All people there live as if it hasn't yet overtaken them and everything is fine. Yes, there's many episodes showing the problems of war, but they're focused on Sokka, Katara and Zuko.
Especially Zuko, because he's the one who faces the consequences of his people's ambitions, where the world is dying of exhaustion. Aang never faces this exhaustion; rather, he observes from the sidelines in the episodes of his friends (unless other characters point out the consequences of the war themselves, like in "The Storm" or "The Avatar State". But he never interacts with war victims on his own initiative). The only time he took part in military operations was at the North Pole, where he destroyed ships. But that's all, otherwise it's as abstract as possible. Even during the invasion in Book 3 he doesn't participate in the battle and only has to defeat one dude, meh
And since he's the main character of the story, there's the most such abstract episodes, at least in Book 1. This creates the feeling that the war lasts not a hundred years, but about five.
Indeed, if the war had just begun, many things would make sense. Why, among the many victims of war, is only one person blaming the avatar for his disappearance? Because the war has just begun and people haven't yet lost hope. Why do many cities on the border with the FN still have comfortable living conditions? Because the war has just begun, the enemies haven't yet had time to destroy their settlements. Why does ending the war depend specifically on defeating the Fire Lord, and not on careful, painstaking work on mentality and diplomacy? Because the war was the initiative of only one person and didn't have time to influence the minds of generations. That is, if you change Ozai to Sozin, the avatar's mission for the entire series will become logical.
But here's why Aang is bad as the main character: it only works when the world adapts to his actions, mentality and conflicts.

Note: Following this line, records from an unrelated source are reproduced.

//! A source and a sink that tell of the bytes that go through them.
ghost use Rattle.std.specs.Prelude.{◌≡◌};

use crate::telling::{Progress, Tell, Written};
use port_io::{Failed, Sink, Source};

/// A source that tells how much was read of it.
#[derive(Drop)]
pub struct WatchedSource<'a, S, T> {
    source: S,
    tell: &'a T,
    bytes: u64,
}

impl<'a, S: Source, T: Tell> WatchedSource<'a, S, T> {
    /// The source, of which nothing was read.
    pub fn new(source: S, tell: &'a T) -> Self
        ensures { result.source ≡ source }
    {
        WatchedSource {
            source,
            tell,
            bytes: 0,
        }
    }
}

impl<'a, S: Source, T: Tell> Source for WatchedSource<'a, S, T> {
    ghost left = { λ w. S.left w.source };

    ghost faults = { λ w. S.faults w.source };

    fn read(&mut self, buf: &mut [u8]) -> Result<usize, Failed> {
        match self.source.read(buf) {
            Ok(count) => {
                self.bytes = self.bytes.saturating_add(count as u64);
                self.tell.tell(Progress::Read(self.bytes));
                Ok(count)
            }
            Err(Failed) => Err(Failed),
        }
    }
}

/// Tells that text comes on the screen, if it does.
fn tell_before<T: Tell>(tell: &T, is_screen: bool) {
    if is_screen {
        tell.tell(Progress::Text);
    }
}

/// Tells what was written, if that isn't on the screen.
fn tell_after<T: Tell>(tell: &T, is_screen: bool, written: Written) {
    if !is_screen {
        tell.tell(Progress::Written(written));
    }
}

/// A sink that tells how much was written to it; or, if it is a screen on which people see the progress, that text
/// comes.
#[derive(Drop)]
pub struct WatchedSink<'a, S, T> {
    sink: S,
    tell: &'a T,
    written: Written,
    is_screen: bool,
}

impl<'a, S: Sink, T: Tell> WatchedSink<'a, S, T> {
    /// The sink, to which nothing was written, and whether it is a screen on which people see the progress.
    pub fn new(sink: S, tell: &'a T, is_screen: bool) -> Self
        ensures { result.sink ≡ sink }
    {
        WatchedSink {
            sink,
            tell,
            written: Written::nothing(),
            is_screen,
        }
    }
}

impl<'a, S: Sink, T: Tell> Sink for WatchedSink<'a, S, T> {
    ghost written = { λ w. S.written w.sink };

    ghost faults = { λ w. S.faults w.sink };

    fn write(&mut self, piece: &[u8]) -> Result<usize, Failed> {
        tell_before(self.tell, self.is_screen);
        match self.sink.write(piece) {
            Ok(count) => {
                let (part, _) = piece.split_at(count);
                self.written = self.written.and(part);
                tell_after(self.tell, self.is_screen, self.written);
                Ok(count)
            }
            Err(Failed) => Err(Failed),
        }
    }
}
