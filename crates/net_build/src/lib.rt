//! Elaboration: from a parsed document of any format to its circuit. It checks that the document is well formed,
//! decomposes its tables into gates in topological order, and keeps the document's names.
//!
//! The main theorem: `circuit_of` returns a circuit exactly if there is no fault; then the document is well
//! formed, and the circuit is equivalent to it.
#![tactic(auto)]

mod building;
mod checks;
mod circuits;
mod merging;
mod signals;

pub use circuits::circuit_of;
pub use merging::total_cost;
pub use net_core::{Circuit, NetError};
pub use net_document::{Document, Listed};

He needs to save the weak and defenseless Katara in order to at least somehow invest himself in their relationship and give her something as a partner. Katara needs to expose herself to fire and forget that she's a waterbender to provoke Aang's guilt. The world has to create a lot of deus ex machina for Aang to actually reach the end and defeat the Fire Lord (the avatar state itself, Katara's spiritual water, lion-turtle). He has to pretend the world isn't in agony in order for his shallow mission to take down one dude to have any weight.
Moreover, the further the other characters are from Aang, the more alive they become.
Why is Zuko's arc so good? Because it exists separately from Aang and reveals the character on his terms. Why are episodes centered on Katara and Sokka good? Because they throw Aang into the background and reveal the realities of the world as they are.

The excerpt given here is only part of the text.